La España real de Julián Marías
Muchas cátedras ha sostenido Julián Marías, sin que pudiera impedirlo la incomprensión e injusticia de la España oficial, que le privó de un puesto universitario para el que estaba llamado de una manera indiscutible e indisputable, y entre las muchas cátedras que ha sostenido no es la menor la cátedra de energía moral, que tanta falta nos hace a los españoles para que no decaiga nuestro ánimo. Constantemente ha sostenido este ánimo con la vigorosa corriente de su pensamiento.Pero una cátedra ininterrumpida a lo largo de su vida ha tenido por vehículo la letra impresa: el artículo periodístico, el ensayo en revistas de Filosofía o pensamiento, el libro de hondo análisis o de palpitante actualidad como el que ahora nos ofrece tratando de explorar la España real. Como capitán de los vientos y de las tempestades -que diría Alberti- para ser luego condecorado por un golpe de mar, se lanza al descubrimiento de una tierra ignota, próxima y remota a la vez: La España real. Julián Marías sabe mejor que nadie hasta dónde puede llegar el divorcio entre la España oficial y la España real. Si no hubiera sido por ese divorcio, hace muchos años hubiera sido catedrático de la Universidad de Madrid y hubiera conocido una cierta España real que no ha podido conocer por el hecho mismo de tal ruptura. Hubiera conocido mejor la situación real de la Universidad. En este caso, la España oficial le ha impedido conocer una parcela de la España real. Así son de complicadas las cosas.
La España real,
de Julián Marías. Espasa-Calpe,Colección Boreal. Madrid. 1976.
Se basa este título del libro de Marías en una contraposición establecida por José Ortega en Vieja y Nueva Política, el año 1914. Las fronteras de la España real y la España oficial son difíciles de delimitar. Ortega, evidentemente, como dice Marías, no cayó en la ingenuidad de pensar que la España oficial se reducía al Gobierno. La España oficial se compone de gobernantes y gobernados y, tanto unos como otros, pueden estar en la irrealidad. Pues la España oficial, como contrapuesta a la España real, no puede ser otra cosa que la España de la irrealidad.
Problemas apremiantes
Ahondando más, la España oficial es la que elude los problemas apremiantes y que son apremiantes porque son reales. ¡Qué duda cabe! En el análisis de la vieja política que hizo Ortega, aquellos problemas apremiantes eran fundamentalmente tres: el planteado por los restos del imperio colonial; la cuestión social y el problema regional. De estos tres problemas, los dos últimos siguen en pie y el primero terminó con la pérdida de las últimas colonias; que hubiera sido irremisible, pero que hubieran podido hacerse guardando algunos vínculos algo más que afectivos. Todo se perdió, posiblemente, por no saber manipular la realidad. Tan terrible fue la pérdida que todavía, cuando nos dolernos de algún quebranto, nos queda la amarga frase: Más se perdió en Cuba.A los problemas que siguen en pie se suman otros igualmente inquietantes: el de la discordia civil y el de la liquidación de cuarenta años de régimen de excepción.
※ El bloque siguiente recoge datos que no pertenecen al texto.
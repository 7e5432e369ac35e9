//! Tests of what is prepared of a body (`otlp_prepare`) and of notes that are made in several threads (`tail_notes`),
//! over public functions. Bodies and spans were worked out by hand, by the Protocol Buffers encoding guide
//! (<https://protobuf.dev/programming-guides/encoding/>) and the field numbers of opentelemetry-proto, or come from
//! Protocol Buffers' own libraries (tests/otlp).
#![tactic(auto)]

#[cfg(test)]
mod bodies;
#[cfg(test)]
mod equal;
#[cfg(test)]
mod gate;
#[cfg(test)]
mod listed;
#[cfg(test)]
mod many;
#[cfg(test)]
mod notes;
#[cfg(test)]
mod sections;
#[cfg(test)]
mod texts;
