//! A book of permits. No more of its permits are out and spent together than its limit.
ghost use Rattle.std.specs.Prelude.{◌≡◌, ◌+◌, ◌<◌, true, IfOk};
ghost use Rattle.release.specs.Books.{IsBook, one_back, made_book, knows, issued, after_issue, handed_back, after_hand_back, after_release};
ghost use Rattle.release.specs.BookRuns.{KeepsBookLaw};

use crate::permit::Permit;
use keys::refusal::Refusal;
use std::marker::Model;

/// Between calls its limit is 1 to 1,000, and it is not passed. A book may be let go only when none of its permits is
/// out: no program that loses a permit and then lets the book go passes.
#[derive(Debug)]
pub struct Book {
    number: u32,
    limit: u32,
    out: u32,
    spent: u32,
}

impl Model for Book {
    ghost use Rattle.release.specs.Books.{BookState, IsBook};

    ghost Value = { BookState };

    ghost view = { λ b. record { number = b.number; limit = b.limit; out = b.out; spent = b.spent } };

    ghost invariant = { λ b. IsBook (record { number = b.number; limit = b.limit; out = b.out; spent = b.spent }) };
}

impl Drop for Book {
    /// What is required is proved wherever a book is let go.
    fn drop(self)
        requires { self.out ≡ 0 }
    {
        let Book {
            number: _,
            limit: _,
            out: _,
            spent: _,
        } = self;
    }
}

/// A permit that was not taken comes back with the refusal.
#[derive(Drop)]
pub struct Refused {
    pub refusal: Refusal,
    pub permit: Permit,
}

impl Book {
    /// A book of this number that has issued no permit. Refused with 1 if the limit is not 1 to 1,000.
    #[tactic(auto, using(crate::proofs::Runs::keeps_book_law))]
    pub fn make(number: u32, limit: u32) -> Result<Book, Refusal>
        ensures made { result ≡ made_book number limit }
        ensures law { IfOk result KeepsBookLaw }
    {
        if limit < 1 || limit > 1000 {
            return Err(Refusal::OutOfRange);
        }
        Ok(Book {
            number,
            limit,
            out: 0,
            spent: 0,
        })
    }

    /// The number that its permits carry.
    pub fn number(&self) -> u32
        ensures { result ≡ self.now.number }
    {
        self.number
    }

    /// Whoever was lent a book knows by it that the limit is 1 to 1,000, and that it is not passed.
    pub fn limit(&self) -> u32
        ensures limit { result ≡ self.now.limit }
        ensures stands { IsBook self.now }
    {
        self.limit
    }

    /// How many permits are out.
    pub fn out(&self) -> u32
        ensures { result ≡ self.now.out }
    {
        self.out
    }

    /// How many are spent.
    pub fn spent(&self) -> u32
        ensures { result ≡ self.now.spent }
    {
        self.spent
    }

    /// A permit of this book, which is then out. Refused with 10 if those out and those spent make the limit.
    pub fn issue(&mut self) -> Result<Permit, Refusal>
        ensures answer { result ≡ issued self.old }
        ensures book { self.new ≡ after_issue self.old }
    {
        if self.out + self.spent >= self.limit {
            return Err(Refusal::UsedUp);
        }
        self.out += 1;
        Ok(Permit::new(self.number))
    }

    /// Whether the permit is one of this book that is out, as far as the book can know.
    pub(crate) fn knows(&self, permit: &Permit) -> bool
        ensures { result ≡ knows self.now permit.now }
    {
        permit.book() == self.number && self.out > 0
    }

    /// The permit is out no more, and not spent. Refused with 11 if it is of another book or none is out: it then comes
    /// back.
    pub fn hand_back(&mut self, permit: Permit) -> Result<(), Refused>
        ensures answer { result ≡ handed_back self.old permit }
        ensures book { self.new ≡ after_hand_back self.old permit }
    {
        if !self.knows(&permit) {
            return Err(Refused {
                refusal: Refusal::Foreign,
                permit,
            });
        }
        self.take_in(permit);
        Ok(())
    }

    /// The step of a release that is accepted: the permit is out no more, and spent.
    pub(crate) fn accept(&mut self, permit: Permit)
        requires { knows self.old permit ≡ true }
        ensures { self.new ≡ after_release self.old permit }
    {
        self.take_in(permit);
        self.spent += 1;
    }

    /// Uses a permit up, which is no longer out then.
    fn take_in(&mut self, permit: Permit)
        requires { 0 < self.old.out }
        ensures book { self.new ≡ one_back self.old }
        ensures room { self.new.out + self.new.spent < self.new.limit }
    {
        self.out -= 1;
        permit.spend();
    }
}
Al final, estos problemas exigen un enfrentamiento si queremos ser personajes de la España real; todo lo demás nos llevaría al mundo de la fantasmagoria al que propende la España oficial.
Julián Marías tiene bien ganada su ejecutoria de hombre valiente que se enfrenta cara a cara con los problemas, como lo demuestra en casi todas las páginas de este libro animoso. Pero además de ánimo esforzado hace falta talento para preparar la estrategia del ataque. No se trata de batir en campo raso a una serie de problemas como si fueran ejércitos aislados, ni menos de poder derrotar a uno de ellos para, una vez hecho, enfrentarse con el otro.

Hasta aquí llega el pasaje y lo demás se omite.